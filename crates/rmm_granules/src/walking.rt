//! Functions that walk a realm's translation tables, and read the entry where a walk ends. RMM 1.0, RTT walk.
ghost use Rattle.std.specs.Prelude.{◌≡◌, ◌^◌, ◌<◌, ◌≤◌, IfSome};
ghost use Rattle.rmm_model.specs.Entry.{descriptor_of};
ghost use Rattle.rmm_model.specs.Machine.{granule_count};
ghost use Rattle.rmm_model.specs.Realm.{IsServed};
ghost use Rattle.rmm_model.specs.Walk as walks;

use crate::{Granules, granule_named};
use granule_addr::Gran;
use page_arena::{PageStore, word_in};
use rmm_model::{
    RmmRealm, RmmRttEntry, RttWalk, entry_from_word, entry_index, entry_number, entry_size,
    first_live, start_table_index,
};

/// Returns the entry that covers an IPA, in the translation table at which a walk ended.
#[tactic(auto, unfolding(rmm_model::specs::Walk::entry_at, rmm_model::specs::Table::entry_in_page))]
pub fn entry_at<S: PageStore>(granules: &Granules<S>, found: &RttWalk, ipa: u64) -> RmmRttEntry
    requires { found.now.table < granule_count granules.now }
    ensures value { result ≡ walks.entry_at granules.now found.now ipa }
    ensures fits { descriptor_of result < 2 ^ 48 }
{
    let index = entry_index(found.level, ipa);
    entry_from_word(word_in(granules.page(found.table), index as usize))
}

/// Returns the granule of the table that an entry leads to, or `None` if the entry is not TABLE or its address is
/// outside the machine.
pub fn table_below<S: PageStore>(granules: &Granules<S>, entry: RmmRttEntry) -> Option<Gran>
    ensures value { result ≡ walks.table_below granules.now entry }
    ensures inside { IfSome result (λ table. table < granule_count granules.now) }
{
    match entry {
        RmmRttEntry::Table(address) => granule_named(granules, address),
        _ => None,
    }
}

/// Returns the granule at the address that an ASSIGNED entry holds, or `None` if the entry is not ASSIGNED or the
/// address is outside the machine.
pub fn memory_below<S: PageStore>(granules: &Granules<S>, entry: RmmRttEntry) -> Option<Gran>
    ensures value { result ≡ walks.memory_below granules.now entry }
    ensures inside { IfSome result (λ page. page < granule_count granules.now) }
{
    match entry {
        RmmRttEntry::Assigned(_, address) => granule_named(granules, address),
        _ => None,
    }
}

// The starting table that covers an address.
#[tactic(auto, unfolding(rmm_model::specs::Walk::start_of))]
fn start_of(realm: &RmmRealm, ipa: u64, count: u16) -> RttWalk
    requires served { IsServed count realm.now }
    requires few { count ≤ 4096 }
    requires in_space { ipa < 2 ^ realm.now.s2sz }
    ensures value { result ≡ walks.start_of realm.now ipa }
    ensures inside { result.table < count }
{
    let table = realm.first_table.number() as u64 + start_table_index(realm.start_level, ipa);
    RttWalk {
        table: Gran::from_number(table as u16),
        level: realm.start_level,
    }
}

/// Walks a realm's tables for an IPA, down to level `to`. Returns the table at which the walk ends, with the table's
/// level. RMM 1.0, RttWalk.
///
/// The walk ends at level `to`, or above it at an entry that leads to no table. If level `to` is above the starting
/// level, the walk ends at a starting table.
#[inline(always)]
pub fn walk<S: PageStore>(granules: &Granules<S>, realm: &RmmRealm, ipa: u64, to: u8) -> RttWalk
    requires served { IsServed (granule_count granules.now) realm.now }
    requires in_space { ipa < 2 ^ realm.now.s2sz }
    ensures value { result ≡ walks.walk granules.now realm.now ipa to }
    ensures inside { result.table < granule_count granules.now }
{
    let start = start_of(realm, ipa, granules.count());
    let mut table = start.table;
    let mut level = start.level;
    'levels: while level < to {
        match table_below(granules, entry_at(granules, &RttWalk { table, level }, ipa)) {
            Some(child) => {
                table = child;
                level += 1;
            }
            None => break,
        }
    }
    RttWalk { table, level }
}

/// Returns the IPA of the first live entry at or after `ipa`, in the table where a walk ended. RMM 1.0,
/// RttSkipNonLiveEntries.
///
/// The result is the end of the table if there is none. If the entry of the address is live itself, the result is the
/// address, or where that entry begins, as settings say.
#[tactic(auto, unfolding(rmm_model::specs::Walk::top, rmm_model::specs::Walk::top_at))]
pub fn top<S: PageStore>(granules: &Granules<S>, found: &RttWalk, ipa: u64) -> u64
    requires inside { found.now.table < granule_count granules.now }
    requires low { ipa < 2 ^ 48 }
    ensures { result ≡ walks.top granules.now found.now ipa }
{
    let index = entry_index(found.level, ipa);
    let live = first_live(granules.page(found.table), index);
    let number = entry_number(found.level, ipa);
    if live != index {
        return (number + (live - index) as u64) * entry_size(found.level);
    }
    if granules.settings().aligns_live_top {
        number * entry_size(found.level)
    } else {
        ipa
    }
}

■ Work item
A bare number is required: the count of lines above with the string "auto".

■ Solution to this problem
3